Val: Now don't get us wrong. We give to the Church, colleges, arts groups, and social service agencies like most folks, but now our main funding goes to economic justice efforts, community development and alternative financial institutions. We have been very involved in the social change philanthropy movement, especially with the Wisconsin Community Fund and the Funding Exchange. I love that the grantmaking committees of these Funds are staffed primarily by community activists, so that the money is giving people without wealth the joy and responsibility of philanthropy.

Pete: We offer more than just our money, though, as we each have a lot of free time available. We've both served as active volunteers and board members for Latin American solidarity groups. I even sat on a funding committee of the Wisconsin Community Fund as an activist for a time. Val, who studied accounting back in the 1970s, has offered her financial skills to groups for years. She's been particularly active as a donor, volunteer, and investor with an organization which provides micro-credit loans in Nicaragua and she helped organize a community loan fund in our town.

Val: This last effort grew out of my personal interest in accounting and investing. This got me wondering if there was a way to make our assets--and not just our giving--contribute to the kind of world we wanted to create. The easiest part was moving our own investments into securities with more socially responsible corporations than we had been invested in before. However, to go any deeper, we had to struggle with the question of how much is enough? What do we really need for ourselves and our family? Determining this enabled us to increase the portion of our portfolio reserved for lower-than-market rate, high-impact investments through community credit unions and revolving loan funds to one third of our assets. Making our principal work for change, not just our donations or our work as activists, has felt great.

Pete: We strive to use every resource we have in the service of building a just and peaceful world. We are careful, however, not to neglect ourselves or our family. We make time for sports, reading, travel, and visits with our children and grandchildren.
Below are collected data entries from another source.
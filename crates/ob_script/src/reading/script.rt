ghost use Rattle.std.specs.Prelude.{◌≡◌, ◌<◌, ◌≤◌, List, ℕ, Option, IsTrue, IfOk, IfErr, IfSome, IsErrOf, OnOk, length};
ghost use Rattle.std.specs.Io.KnownBytes.{Consumes, IsAtEnd};
ghost use Rattle.ob_script.specs.Reading.{greatest_script};
ghost use Rattle.ob_script.specs.Tracing.{IsReadingFault};

use crate::script_fault::ScriptFault;
use std::alloc::{AllocError, Global};
use std::io::{ErrorKind, Read};

/// The most bytes of a script. Our own limit.
const MAX_SCRIPT: usize = 16777216;

/// The most reads of a script. Our own limit.
const MAX_READS: u32 = 33554432;

/// How many bytes a read asks for.
const PIECE: usize = 65536;

/// Reads a script to its end.
///
/// `TooLong` comes if it has more than 16777216 bytes, `Read` if the reader fails or if 33554432 reads do not bring the
/// script to its end (a read that was interrupted counts, and is tried again), `NoMemory` if the allocator refuses.
pub fn read_script<R: Read>(alloc: Global, reader: &mut R) -> Result<Vec<u8>, ScriptFault>
    ensures whole { IfOk result (λ script. IfSome (R.remaining reader.old) (λ bytes. bytes ≡ script.items)) }
    ensures end { OnOk result (IsAtEnd (R.remaining reader.new)) }
    ensures within { IfOk result (λ script. length script.items ≤ greatest_script) }
    ensures too_long { IsErrOf result ScriptFault.TooLong
        → IfSome (R.remaining reader.old) (λ bytes. greatest_script < length bytes) }
    ensures faults { IfErr result IsReadingFault }
{
    let mut script = Vec::new(alloc);
    let Ok(mut piece) = zeros(alloc, PIECE) else {
        return Err(ScriptFault::NoMemory);
    };
    for _ in 0..MAX_READS {
        if read_piece(reader, &mut piece, &mut script)? {
            return Ok(script);
        }
    }
    Err(ScriptFault::Read)
}

/// Reads once, and adds what came to the script. The answer is whether the script is at its end.
fn read_piece<R: Read>(
    reader: &mut R,
    piece: &mut [u8],
    script: &mut Vec<u8>,
) -> Result<bool, ScriptFault>
    requires room { 0 < length piece.old }
    requires within { length script.old.items ≤ greatest_script }
    ensures so_far { OnOk result ((start : Option (List ℕ)) → Consumes start (R.remaining reader.old) script.old.items
        → Consumes start (R.remaining reader.new) script.new.items) }
    ensures end { IfOk result (λ ended. IsTrue ended → IsAtEnd (R.remaining reader.new)) }
    ensures within { OnOk result (length script.new.items ≤ greatest_script) }
    ensures too_long { IsErrOf result ScriptFault.TooLong → (start : Option (List ℕ))
        → Consumes start (R.remaining reader.old) script.old.items
        → IfSome start (λ bytes. greatest_script < length bytes) }
    ensures faults { IfErr result IsReadingFault }
{
    match reader.read(piece) {
        Ok(0) => Ok(true),
        Ok(count) => {
            if count > MAX_SCRIPT - script.len() {
                return Err(ScriptFault::TooLong);
            }
            match script.extend_from_slice(&piece[..count]) {
                Ok(()) => Ok(false),
                Err(_) => Err(ScriptFault::NoMemory),
            }
        }
        Err(error) if error.kind() == ErrorKind::Interrupted => Ok(false),
        Err(_) => Err(ScriptFault::Read),
    }
}

/// *n* zero bytes.
fn zeros(alloc: Global, count: usize) -> Result<Vec<u8>, AllocError>
    ensures { IfOk result (λ bytes. length bytes.items ≡ count) }
{
    vec![in alloc; 0; count]
}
Getting sufficient rest is a priority for both of us-- especially as we age. On my bulletin board I've posted a quote from Saint Teresa: "Do not pursue so much as to catch nothing." I think that this is a good reminder that in God's wisdom we are not God! Still, it is a joy to lead a purposeful life aimed at creating the kind of world we believe God wants us to create. That is why it is so satisfying to use every gift we have in every way we can imagine.

Val: Sometimes it would be easier to take on just one role or another, though. I want to be known most as a person with the energy and capacity to help found, direct, and run social change organizations, but sometimes being a donor and an unpaid volunteer can be confusing. I wonder if I am valued for my knowledge and skills, or only for the checkbook in my purse? What is behind people's flattery? I've decided I'll never know for sure how I'm perceived, so I just keep making my full contribution. I've had to learn to trust that I'm having an impact as an activist above and beyond my being a donor or investor.

Pete: The biggest challenge I find is being able to see the many possible opportunities for making a difference that exist all around us everyday. For example, Val and I are empty nesters and want to move out of our big house. That's an opportunity that we might have overlooked if someone hadn't offered a workshop in our area about "co-housing." Co-housing is where a group of people get together to buy property and build or renovate individual housing units along with a common community building and other shared amenities. We thought this would be a great idea to pursue and, because of our organizing experience and financial resources, we became the developers of a small co-housing project near downtown Madison.

Everybody involved contributes time and money, of course, but we are covering enough costs and using our free time so that working people from the neighborhood can afford to buy into the project. We've got to live somewhere, right? So the only question for us is how can we fulfill this need in a way that helps build a stronger community. If all goes as planned, we'll move in to our unit this summer.